What the task requires:
The word "height" marks the lines to find; copy every such line from the data below.

╭─ Given information

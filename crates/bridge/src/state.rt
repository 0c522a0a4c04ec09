// The station in the 134 bytes that a host lends: written, and read back where they are a state.
ghost use Rattle.std.specs.Prelude.{◌≡◌, ◌*◌, ◌+◌, ◌≤◌, min, length};
ghost use Rattle.bridge.specs.State.{held_bytes, sizes_bytes, kind_byte, position_byte, encoded, held_in, hold_on, pending_of, same_bytes, decoded};

use cards::reader::open;
use cards::station::{Pending, Record, Station};
use cards::writer::write;
use num::refusal::Refusal;
use num::size::Size;

// A side, from its two bytes.
fn side(high: u8, low: u8) -> u16
    ensures { result ≡ high * 256 + low }
{
    high as u16 * 256 + low as u16
}

// What a record holds, from the four bytes at that place.
fn held_in(state: &[u8; 134], at: usize) -> Size
    requires { at + 4 ≤ 134 }
    ensures { result ≡ held_in at state.now }
{
    let width = side(state[at], state[at + 1]);
    let height = side(state[at + 2], state[at + 3]);
    Size { width, height }
}

// The records of an opened card's station: each of its chain with what it holds, and those past n as they are, whatever the bytes say.
fn hold_in(station: &Station, state: &[u8; 134]) -> [Record; 12]
    ensures { result ≡ (hold_on state.now station.now).records }
{
    let mut records = station.records;
    let n = station.chain().len();
    for i in 0..n {
        records[i].held = held_in(state, 84 + 4 * i);
    }
    records
}

// The four bytes of what a record holds.
fn put_size(held: Size, part: &mut [u8])
    requires { length part.old ≡ 4 }
    ensures { part.new ≡ held_bytes held }
{
    part[0] = (held.width / 256) as u8;
    part[1] = (held.width % 256) as u8;
    part[2] = (held.height / 256) as u8;
    part[3] = (held.height % 256) as u8;
}

// What each of the twelve records holds, one after the other.
fn put_sizes(records: &[Record; 12], part: &mut [u8])
    requires { length part.old ≡ 48 }
    ensures bytes { part.new ≡ sizes_bytes records.now }
    ensures twelve { length records.now ≡ 12 }
{
    for i in 0..12 {
        let at = 4 * i;
        put_size(records[i].held, &mut part[at..at + 4]);
    }
}

// The kind of the switch that is asked for, 0 for none.
fn kind_byte(pending: Pending) -> u8
    ensures { result ≡ kind_byte pending }
{
    match pending {
        Pending::Nothing => 0,
        Pending::Switch { kind, .. } => kind,
    }
}

// Its position: on is 1, off is 0, as none is.
fn position_byte(pending: Pending) -> u8
    ensures { result ≡ position_byte pending }
{
    match pending {
        Pending::Switch { on: true, .. } => 1,
        _ => 0,
    }
}

// The switch that is asked for, from its two bytes.
fn pending_of(kind: u8, position: u8) -> Pending
    ensures { result ≡ pending_of kind position }
{
    if kind == 0 {
        return Pending::Nothing;
    }
    Pending::Switch {
        kind,
        on: position == 1,
    }
}

// The bytes of a station; zeros where its card is not written.
pub(crate) fn encode(station: &Station) -> [u8; 134]
    ensures { result ≡ encoded station.now }
{
    let mut state = [0u8; 134];
    let Ok(n) = write(station, &mut state[1..84]) else {
        return state;
    };
    put_sizes(&station.records, &mut state[84..132]);
    state[0] = n as u8;
    state[132] = kind_byte(station.pending);
    state[133] = position_byte(station.pending);
    state
}

fn same(xs: &[u8; 134], ys: &[u8; 134]) -> bool
    ensures { result ≡ same_bytes xs.now ys.now }
{
    for i in 0..134 {
        if xs[i] != ys[i] {
            return false;
        }
    }
    true
}

// Where the card in the bytes ends: no more than they are, whatever the length byte says.
fn card_end(length: u8) -> usize
    ensures { result ≡ 1 + min length 133 }
{
    if length < 133 {
        return 1 + length as usize;
    }
    134
}

// The station in the bytes, or refusal 13.
pub(crate) fn decode(state: &[u8; 134]) -> Result<Station, Refusal>
    ensures { result ≡ decoded state.now }
{
    let end = card_end(state[0]);
    let Ok(inside) = open(&state[1..end]) else {
        return Err(Refusal::BadStation);
    };
    let station = Station {
        records: hold_in(&inside, state),
        n: inside.n,
        pending: pending_of(state[132], state[133]),
    };
    if !same(&encode(&station), state) {
        return Err(Refusal::BadStation);
    }
    Ok(station)
}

╰─

Written answer:
    let height = side(state[at + 2], state[at + 3]);
    Size { width, height }
    part[2] = (held.height / 256) as u8;
    part[3] = (held.height % 256) as u8;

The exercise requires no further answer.